[WX5860H/WA6338] Experience case on Windows 802.1x authenticated terminals going offline actively during remote access [reason code:2019]

The topology of this site uses adcampus as the radius server + AC-FIT AP for remote 802.1x authentication.

When PC1 used the remote desktop function built into the Windows computer to connect to the peer device PC2 on the same local area network (LAN), PC1 displayed the message This computer cannot connect to the remote computer. It was later found that PC1 could not ping the IP address of PC2, and subsequent investigation revealed that the wireless connection of the remotely accessed PC2 had been disconnected.

1. In the AC probe view, use command display system internal wlan client history-record mac-address xxxx-xxxx-xxxx to check that the offline reason corresponding to the offline time point is 2019.

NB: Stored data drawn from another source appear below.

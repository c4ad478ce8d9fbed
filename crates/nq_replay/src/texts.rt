//! The text of a schedule that was run.

ghost use Rattle.std.specs.List.{AllByRecursion};
ghost use Rattle.std.specs.Prelude.{◌≡◌, ◌++◌, List, ℕ, map, IfOk, OnOk};
ghost use Rattle.nq_replay.specs.Texts.{IsTellable};
ghost use Rattle.nq_script.specs.Heads.{FitsHead};
ghost use Rattle.nq_script.specs.Lines.{AreSpelled, once};
ghost use Rattle.nq_script.specs.Schedule.{SpellsSchedule};
ghost use Rattle.nq_script.specs.Text.{text_of};

use nq_base::NoMemory;
use nq_script::{Head, Schedule, print_head};
use std::alloc::Global;

/// The text of a schedule with this head: a line for each event, and `end`.
pub fn schedule_text(alloc: Global, head: &Head, ran: &Schedule) -> Result<Vec<u8>, NoMemory>
    requires fits { FitsHead head.now }
    requires told { AllByRecursion (IsTellable head.now) ran.now }
    ensures { IfOk result (λ text. SpellsSchedule head.now (map once ran.now) text.items) }
{
    let mut text = print_head(alloc, head)?;
    push_events(&mut text, head, ran)?;
    push(&mut text, b"end\n")?;
    Ok(text)
}

/// Appends the lines of events.
fn push_events(text: &mut Vec<u8>, head: &Head, ran: &Schedule) -> Result<(), NoMemory>
    requires { AllByRecursion (IsTellable head.now) ran.now }
    ensures { OnOk result ((texts : List (List ℕ)) × AreSpelled head.now ran.now texts × (text.new.items ≡ text.old.items ++ text_of texts)) }
{
    for place in 0..ran.len() {
        ran.append_line(place, head.version, text)?;
    }
    Ok(())
}

/// Appends bytes.
fn push(text: &mut Vec<u8>, bytes: &[u8]) -> Result<(), NoMemory>
    ensures { OnOk result (text.new.items ≡ text.old.items ++ bytes.now) }
{
    match text.extend_from_slice(bytes) {
        Ok(()) => Ok(()),
        Err(_) => Err(NoMemory::Memory),
    }
}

2. Then use command dispaly system internal wlan client history-record help reason-code 2019 to determine that the offline reason isReceived dissociation packet in Userauth state, which indicates the terminal actively sent an offline packet

3、Captured the following debug on the AC,

debugging wlan client mac 1234-2323-2345 (terminal mac)
debugging wlan usersec all
debugging radius packet user username
debugging dot1x event
debugging dot1x error

The reason for the terminal going offline can be seen as receiving an active offline message sent by the terminal:

Received deauthentication or disassociation request from client in Userauth state: Reason code=8.
 A user failed 802.1X authentication.Reason:Received dissociation packet with reason code 8 in Userauth state.

4. Capturing debug ar5drv for radio 1 on the AP shows that the terminal actively sent a Disassoc message, and subsequent authentication attempts also fail

5. Therefore, further capture the wlan-report-latest report of the terminal. The fault time point shows that 802.1x identity verify has restarted, with the reason being: Onex user has changed (OneXRestartReasonOneXUserChanged 802.1X verify restart is the result of user change. This may occur if the current user logs out and a new user logs in to the local computer).

6. Check the offline reason on adcampus as [request restart], which also indicates this is an action actively triggered by the terminal. There are three possible reasons, as shown in the following two images.

7. This basically confirms that it is an issue with the Windows terminal's own mechanism. Simply perform a retrieval in the network to check for corresponding solutions.

1. Workaround: Temporarily identified as a Windows mechanism issue. Change the following to user identity verification, then save 1x account credentials. Only the remotely accessed computer needs this setting; the initiating computer does not.

2. Additional testing: The issue persists when using our inode.

3. If you do not want to modify basic Windows settings, there are two methods for quick network recovery:

(1) Log in to another account, then log back into this account; remote connection will not drop.

(2) Create a new service template, change the SSID, configure it exactly the same as the gzb one, then reconnect to this SSID. After reconnecting, remote access will not drop even when switching back.